Additionally, he emphasized the importance of handling date fields properly. “Date fields are a common issue in API data extraction, so I carefully inspected the data types in the extracted DataFrames before saving them to Parquet to ensure proper formatting,” he added.
[Automation] How did you automate the data pipeline?
To eliminate manual data extraction, Sean leveraged AWS Lambda for automation. “We set up a Lambda function that runs on a scheduled basis using Amazon EventBridge,” Sean explained. This function automates API requests to HubSpot, retrieves the latest data, and saves it as Parquet files in S3.
The integration with AWS Glue ensured that data remained queryable in QuickSight. “By using serverless execution, the automation is cost-efficient and requires no manual intervention while maintaining fresh data availability,” he shared.
[API] What tools and programming languages did you use?
Python was the primary language used for this project due to its flexibility and extensive support for data manipulation. “We used several key libraries to streamline the process,” he said, listing:
- requests – for making API calls
- pandas – for structuring and cleaning data
- pyarrow – for converting data to Parquet format
- boto3 – for uploading data to S3
- awswrangler – for interacting with AWS Glue
“These libraries allowed us to handle incremental updates efficiently and ensure smooth data ingestion,” he added.
[Transformations] What HubSpot base tables did you work with?
The primary HubSpot tables accessed included:
- Contacts – containing customer and lead details
- Companies – storing organizational information
- Deals – tracking sales opportunities
Careful data type handling was essential. “We converted date fields to datetime64
in Pandas to avoid format mismatches and ensured that ID and numeric fields were stored as int64
or float64
for accurate aggregations,” Sean explained.
Data Transformations & Joins
Did you perform any data transformations or joins?
“Absolutely,” Sean said.
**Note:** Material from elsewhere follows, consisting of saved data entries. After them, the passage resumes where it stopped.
// The passes over the table of costs: for each prefix and state the fewest swaps to come there, or to go from there to an accepted end; document 02, Paper 10.
#![tactic(auto)]

ghost use Rattle.std.specs.Prelude.{◌≡◌, List, ℕ, suc, ◌+◌, ◌-◌, ◌*◌, ◌≤◌, ◌<◌, length};
ghost use Rattle.profile.specs.Limits.{most_letters};
ghost use Rattle.profile.specs.Tables.{layout};
ghost use Rattle.profile.specs.declared.Shape.{Shape};
ghost use Rattle.counts.specs.Counts.{add_count, words};
ghost use Rattle.records.specs.Records.{counts_at, records_in};
ghost use Rattle.search.specs.Search.{Ordered};
ghost use Rattle.costcursors.specs.Cursors.{High, Low, Splits};
ghost use Rattle.costrows.specs.Rows.{LedBack, LedOn, Rows};
ghost use Rattle.costtable.specs.Costs.{FillsRest, FillsThere, Given};
ghost use Rattle.costtable.proofs.Ways.{Laid, Next, cost_after};
ghost use Rattle.costtable.proofs.Onward.{Onward, onward_led, onward_none};
ghost use Rattle.costtable.proofs.Backward.{Backward, backward_led, backward_none};
ghost use Rattle.costtable.proofs.Stepping.{StandsAll};

use costrows::Arrow;
use counts::Counts;
use profile::limits::{COUNT_NUMBERS, MOST_LETTERS};
use profile::{Places, Profile};

// A pass over the records, in their order or back.
trait Pass {
    // The cursor that seeks the counts c may stand at record j of t.
    ghost stands: { (t c : List ℕ) (j : ℕ) → Type 0 };

    // Letter x, which costs `more`, led between two rows, for the first n states.
    ghost leads: { (before after : List ℕ) (from to k s : ℕ) (moves : List ℕ) (x more n : ℕ) → Type 0 };

    // `before` became `costs` in a pass that has come to letter x of record j.
    ghost finds: { (h : Shape) (moves log t before costs : List ℕ) (j x : ℕ) → Type 0 };

    // Moves a cursor to the first record that does not stand before the counts c.
    fn seek(t: &[u32], from: usize, c: Counts) -> usize
        requires { (from ≤ records_in t.now) × stands t.now (words c) from }
        ensures { Ordered t.now → Splits t.now (words c) result };

    // One letter leads between two rows.
    fn lead(costs: &mut [u32], profile: &Profile, arrow: Arrow)
        requires { Rows costs.old arrow.from arrow.to profile.now.shape.k profile.now.shape.s profile.now.moves.now arrow.letter }
        ensures { leads costs.old costs.new arrow.from arrow.to profile.now.shape.k profile.now.shape.s profile.now.moves.now arrow.letter arrow.more profile.now.shape.s };

    // A cursor may stand where the records divide.
    ghost stops: { (t c : List ℕ) (j : ℕ) → Splits t c j → stands t c j };

    // A letter is done that led between a record and the next,
    ghost led: { (h : Shape) (moves log t : List ℕ) → Laid h moves log t → (u v v' : List ℕ) (j x r : ℕ) → Next h moves log t j x r
        → leads v v' (j * h.s) (r * h.s) h.k h.s moves x (cost_after h moves log t j x) h.s → finds h moves log t u v j x → finds h moves log t u v' j (suc x) };

    // and one for which there is no next.
    ghost none: { (h : Shape) (moves log t : List ℕ) → Laid h moves log t → (u v : List ℕ) (j x : ℕ) → ((r : ℕ) → Next h moves log t j x r → ⊥)
        → finds h moves log t u v j x → finds h moves log t u v j (suc x) };
}

// In the order of the records: the costs to each prefix.
struct There;

impl Pass for There {
    ghost stands = { Low };

    ghost leads = { LedOn };

    ghost finds = { Onward };

    ghost stops = { λ t c j s. s.low };

    ghost led = { onward_led };

    ghost none = { onward_none };

    fn seek(t: &[u32], from: usize, c: Counts) -> usize {
        costcursors::forth(t, from, c)
    }

    fn lead(costs: &mut [u32], profile: &Profile, arrow: Arrow) {
        costrows::lead_on(costs, profile, arrow);
    }
}

// From the last record back: the costs from each prefix to an accepted end.
struct Rest;

impl Pass for Rest {
    ghost stands = { High };

    ghost leads = { LedBack };

    ghost finds = { Backward };

    ghost stops = { λ t c j s. s.high };

    ghost led = { backward_led };

    ghost none = { backward_none };

    fn seek(t: &[u32], from: usize, c: Counts) -> usize {
        costcursors::back(t, from, c)
    }

    fn lead(costs: &mut [u32], profile: &Profile, arrow: Arrow) {
        costrows::lead_back(costs, profile, arrow);
    }
}

// A letter of a record, and where the letter's cursor stands.
#[derive(Clone, Copy)]
struct Step {
    record: usize,
    letter: usize,
    cursor: usize,
}

// One letter leads between a record and the record with one more of it, if there is one; the letter's cursor moves there.
fn lead<P: Pass>(
    t: &[u32],
    step: Step,
    whole: &[u32; COUNT_NUMBERS],
    profile: &Profile,
    log: &[u8],
    placed: &Places,
    costs: &mut [u32],
) -> usize
    requires given { Given profile.now.shape profile.now.moves.now t.now log.now placed.now.starts.now placed.now.places.now costs.old }
    requires whole_value { whole.now ≡ counts_at t.now (records_in t.now - 1) }
    requires record_bound { (step.record < records_in t.now) × (step.letter < profile.now.shape.k) × (step.cursor ≤ records_in t.now) × P.stands t.now (add_count layout (counts_at t.now step.record) step.letter) step.cursor }
    ensures splits { Splits t.now (add_count layout (counts_at t.now step.record) step.letter) result }
    ensures by_index { (before : List ℕ) → P.finds profile.now.shape profile.now.moves.now log.now t.now before costs.old step.record step.letter → P.finds profile.now.shape profile.now.moves.now log.now t.now before costs.new step.record (suc step.letter) }
{
    let c = records::counts_at(t, step.record);
    let d = counts::one_more(c, step.letter);
    let r = P::seek(t, step.cursor, d);
    if costcursors::stands_at(t, r, d) {
        let n = counts::numbers(c);
        let more = stepcost::step_cost(log, &n, whole, profile.shape.k, placed, step.letter);
        let from = costcursors::row_of(step.record, profile.shape.s);
        let to = costcursors::row_of(r, profile.shape.s);
        let arrow = Arrow {
            from,
            to,
            letter: step.letter,
            more,
        };
        P::lead(costs, profile, arrow);
    }
    r
}

// Every letter of record j leads; before and after, each letter's cursor may stand where it does for record j.
fn lead_all<P: Pass>(
    t: &[u32],
    j: usize,
    whole: &[u32; COUNT_NUMBERS],
    profile: &Profile,
    log: &[u8],
    placed: &Places,
    cursors: &mut [usize],
    costs: &mut [u32],
)
    requires given { Given profile.now.shape profile.now.moves.now t.now log.now placed.now.starts.now placed.now.places.now costs.old }
    requires whole_value { whole.now ≡ counts_at t.now (records_in t.now - 1) }
    requires j_bound { (j < records_in t.now) × (length cursors.old ≡ most_letters) × StandsAll P.stands t.now j profile.now.shape.k cursors.old }
    ensures stand { StandsAll P.stands t.now j profile.now.shape.k cursors.new }
    ensures by_index { (before : List ℕ) → P.finds profile.now.shape profile.now.moves.now log.now t.now before costs.old j 0 → P.finds profile.now.shape profile.now.moves.now log.now t.now before costs.new j profile.now.shape.k }
{
    for x in 0..profile.shape.k {
        let step = Step {
            record: j,
            letter: x,
            cursor: cursors[x],
        };
        cursors[x] = lead::<P>(t, step, whole, profile, log, placed, costs);
    }
}

// The fewest swaps to each prefix and state; t has the records of all prefixes.
pub fn fill_there(t: &[u32], profile: &Profile, log: &[u8], placed: &Places, costs: &mut [u32])
    requires { Given profile.now.shape profile.now.moves.now t.now log.now placed.now.starts.now placed.now.places.now costs.old }
    ensures { FillsThere profile.now.shape profile.now.moves.now t.now log.now placed.now.starts.now placed.now.places.now costs.old costs.new }
{
    let records = records::records_in(t);
    let whole = counts::numbers(records::counts_at(t, records - 1));
    let mut cursors = [0usize; MOST_LETTERS];
    let cells = costcursors::row_of(records, profile.shape.s);
    costwrites::clear(costs, 0, cells);
    costwrites::lower(costs, profile.shape.start, 0);
    for j in 0..records {
        lead_all::<There>(t, j, &whole, profile, log, placed, &mut cursors, costs);
    }
}

// Kept beside `fill_there`: what is cleared and lowered first, where the cursors begin and which record comes next are all that a pass says beside `lead_all`, and
// as methods of a `Pass`, with their laws, they would be more text than the two.
// The fewest swaps from each prefix and state to an accepted end; t has the records of all prefixes.
pub fn fill_rest(t: &[u32], profile: &Profile, log: &[u8], placed: &Places, costs: &mut [u32])
    requires { Given profile.now.shape profile.now.moves.now t.now log.now placed.now.starts.now placed.now.places.now costs.old }
    ensures { FillsRest profile.now.shape profile.now.moves.now t.now log.now placed.now.starts.now placed.now.places.now costs.old costs.new }
{
    let records = records::records_in(t);
    let last = records - 1;
    let whole = counts::numbers(records::counts_at(t, last));
    let mut cursors = [records; MOST_LETTERS];
    let end = costcursors::row_of(last, profile.shape.s);
    costwrites::clear(costs, end, profile.shape.s);
    costwrites::lower_all(costs, end, profile.shape.s, profile.shape.finals, 0);
    for j in (0..last).rev() {
        let row = costcursors::row_of(j, profile.shape.s);
        costwrites::clear(costs, row, profile.shape.s);
        lead_all::<Rest>(t, j, &whole, profile, log, placed, &mut cursors, costs);
    }
}
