//! What no clause says: that `equal` takes layouts of one content as one array, and tells contents
//! apart that differ in one part.
#![tactic(auto)]

#[cfg(test)]
mod contents;
#[cfg(test)]
mod fixtures;
#[cfg(test)]
mod types;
He detailed how he created a joined table combining Contacts and Companies data to enhance visualization and simplify analysis. “This table includes key details like contact names, email, company name, industry, and lifecycle stage, making filtering and segmentation in QuickSight much easier,” he explained.
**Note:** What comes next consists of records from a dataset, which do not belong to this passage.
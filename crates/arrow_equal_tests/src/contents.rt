//! Arrays of every kind: layouts of one content are equal, and contents that differ aren't.
use crate::fixtures::{
    binary, booleans, dictionary, field, fixed_size_binary, lists, maps, numbers, pairs, rows,
    unions, views,
};
use arrow_equal::equal;
use arrow_meaning::ArrayRef;
use std::alloc::Global;
use std::test::Fail;

/// Of each kind of arrays here.
const KINDS: usize = 15;

/// How many layouts of one content there are of each kind, before those of other contents.
const SAME: usize = 2;

/// How many arrays there are of each kind.
const ALL: usize = 3;

/// The flat arrays of a kind: two layouts of one content, and another content.
fn flat(alloc: Global, kind: usize, at: usize) -> Result<ArrayRef, Fail> {
    match (kind, at) {
        (0, 0) => numbers(alloc, &[1, 7, 3], &[true, false, true]),
        (0, 1) => numbers(alloc, &[1, 8, 3], &[true, false, true]),
        (0, _) => numbers(alloc, &[1, 7, 4], &[true, false, true]),
        (1, 0) => numbers(alloc, &[1, 7], &[]),
        (1, 1) => numbers(alloc, &[1, 7], &[true, true]),
        (1, _) => numbers(alloc, &[1, 7], &[true, false]),
        (2, 0) => booleans(alloc, &[true, false], 0),
        (2, 1) => booleans(alloc, &[false, true, false], 1),
        (2, _) => booleans(alloc, &[true, true], 0),
        (3, 0) => binary(alloc, &[1, 2], b"abc", &[true, false]),
        (3, 1) => binary(alloc, &[1, 1], b"axyz", &[true, false]),
        (3, _) => binary(alloc, &[1, 2], b"abc", &[]),
        (4, 0) => fixed_size_binary(alloc, b"abcd", &[true, false]),
        (4, 1) => fixed_size_binary(alloc, b"abxy", &[true, false]),
        (4, _) => fixed_size_binary(alloc, b"axcd", &[true, false]),
        (5, 0) => views(alloc, b"tiny", 1),
        (5, 1) => views(alloc, b"tiny", 2),
        _ => views(alloc, b"tine", 1),
    }
}

/// The arrays of a kind with children: two layouts of one content, and another content.
fn nested(alloc: Global, kind: usize, at: usize) -> Result<ArrayRef, Fail> {
    match (kind, at) {
        (6, 0) => large_lists(alloc, &[1, 2, 1], &[1, 2, 3, 4], &[true, false, true]),
        (6, 1) => large_lists(alloc, &[1, 0, 1], &[1, 4, 5], &[true, false, true]),
        (6, _) => large_lists(alloc, &[1, 1, 1], &[1, 4, 5], &[true, false, true]),
        (7, 0) => small_lists(alloc, &[2, 0], &[1, 2], &[]),
        (7, 1) => small_lists(alloc, &[2, 0], &[1, 2, 3], &[true, true]),
        (7, _) => small_lists(alloc, &[2, 0], &[1, 2], &[true, false]),
        (8, 0) => pairs(alloc, &[1, 2, 3, 4], &[true, false]),
        (8, 1) => pairs(alloc, &[1, 2, 5, 6], &[true, false]),
        (8, _) => pairs(alloc, &[1, 3, 3, 4], &[true, false]),
        (9, 0) => rows(alloc, &[1, 2], &[3, 4], &[true, false]),
        (9, 1) => rows(alloc, &[1, 7], &[3, 8], &[true, false]),
        (9, _) => rows(alloc, &[1, 2], &[5, 4], &[true, false]),
        (10, 0) => maps(alloc, &[1, 1], &[1, 2], &[3, 4]),
        (10, 1) => maps(alloc, &[1, 1], &[1, 2, 9], &[3, 4, 9]),
        _ => maps(alloc, &[2, 0], &[1, 2], &[3, 4]),
    }
}

/// Lists under the name `item`.
fn small_lists(
    alloc: Global,
    lengths: &[usize],
    values: &[i32],
    bits: &[bool],
) -> Result<ArrayRef, Fail> {
    lists::<i32>(alloc, field(alloc, "item", true)?, lengths, values, bits)
}

/// The same with large offsets.
fn large_lists(
    alloc: Global,
    lengths: &[usize],
    values: &[i32],
    bits: &[bool],
) -> Result<ArrayRef, Fail> {
    lists::<i64>(alloc, field(alloc, "item", true)?, lengths, values, bits)
}

/// The unions and dictionaries of a kind: two layouts of one content, and another content. The
/// unions of the last content differ in their type numbers alone.
fn chosen(alloc: Global, kind: usize, at: usize) -> Result<ArrayRef, Fail> {
    match (kind, at) {
        (11, 0) => unions(alloc, &[5, 5], &[5], &[], &[1], &[1]),
        (11, 1) => unions(alloc, &[5, 5], &[5], &[], &[2], &[1]),
        (11, _) => unions(alloc, &[5, 5], &[9], &[], &[1], &[1]),
        (12, 0) => unions(alloc, &[], &[0, 1, 0], &[0, 0, 1], &[1, 2], &[3]),
        (12, 1) => unions(alloc, &[], &[0, 1, 0], &[1, 1, 0], &[2, 1], &[9, 3]),
        (12, _) => unions(alloc, &[], &[0, 1, 0], &[0, 0, 0], &[1, 2], &[3]),
        (13, 0) => dictionary(alloc, &[0, 1], &[], &[4, 7], &[true, false]),
        (13, 1) => dictionary(alloc, &[0, 0], &[true, false], &[4], &[]),
        (13, _) => dictionary(alloc, &[0, 0], &[], &[4], &[]),
        (14, 0) => dictionary(alloc, &[1, 0], &[], &[4, 6], &[]),
        (14, 1) => dictionary(alloc, &[0, 2], &[], &[6, 6, 4], &[]),
        _ => dictionary(alloc, &[0, 1], &[], &[4, 6], &[]),
    }
}

fn array_of(alloc: Global, kind: usize, at: usize) -> Result<ArrayRef, Fail> {
    if kind < 6 {
        flat(alloc, kind, at)
    } else if kind < 11 {
        nested(alloc, kind, at)
    } else {
        chosen(alloc, kind, at)
    }
}

/// Whether the array equals another one of the table.
fn equals(alloc: Global, array: &ArrayRef, kind: usize, at: usize) -> Result<bool, Fail> {
    let other = array_of(alloc, kind, at)?;
    let is_equal = equal(array, &other) && equal(&other, array);
    drop(other);
    Ok(is_equal)
}

/// Whether the first array of a kind equals another one exactly where the contents are one.
fn agrees(alloc: Global, kind: usize, other_kind: usize, at: usize) -> Result<bool, Fail> {
    let array = array_of(alloc, kind, 0)?;
    let is_equal = equals(alloc, &array, other_kind, at);
    drop(array);
    Ok(is_equal? == (kind == other_kind && at < SAME))
}

#[test]
fn layouts_of_one_content_alone_are_equal(rt: HostRuntime) -> Result<(), Fail> {
    let alloc = rt.alloc();
    for kind in 0..KINDS {
        for other_kind in 0..KINDS {
            for at in 0..ALL {
                assert!(rt; agrees(alloc, kind, other_kind, at)?);
            }
        }
    }
    Ok(())
}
The join was performed using the company ID as the key, ensuring a structured one-to-many relationship. “By merging these datasets, we unlocked valuable insights, such as tracking engagement levels by company and understanding customer interactions on an organizational level,” Sean added.
He also emphasized that all transformations, including field mappings, data cleaning, and joins, were handled at the DataFrame level before storage. “This approach gives us greater flexibility while optimizing performance,” he noted.
[Visualization] Why did you choose Amazon QuickSight?
QuickSight was the natural choice due to its seamless integration with AWS services. “It offers several key benefits,” Sean highlighted:
- SPICE storage boosts performance and allows for rapid analysis.
- Native support for Parquet files makes it easy to connect data from AWS Glue and S3.
- Dynamic filtering and drill-down capabilities enhance analytics flexibility.
“Once we structured the Parquet files correctly, I connected them to QuickSight, built a new analysis, and designed interactive dashboards to visualize the data effectively,” Sean shared.
Final Outcome
What was the final result of this project?
The end product was a fully automated, scalable, and efficient data pipeline. “This integration enables us to track key business metrics, analyze trends, and make data-driven decisions without any manual data handling,” he said.
The combination of AWS Lambda automation, AWS Glue cataloging, and QuickSight visualization has transformed how the team interacts with their HubSpot data. “With real-time data availability, we can now respond quickly to business needs and uncover insights that drive strategic decisions,” Sean concluded.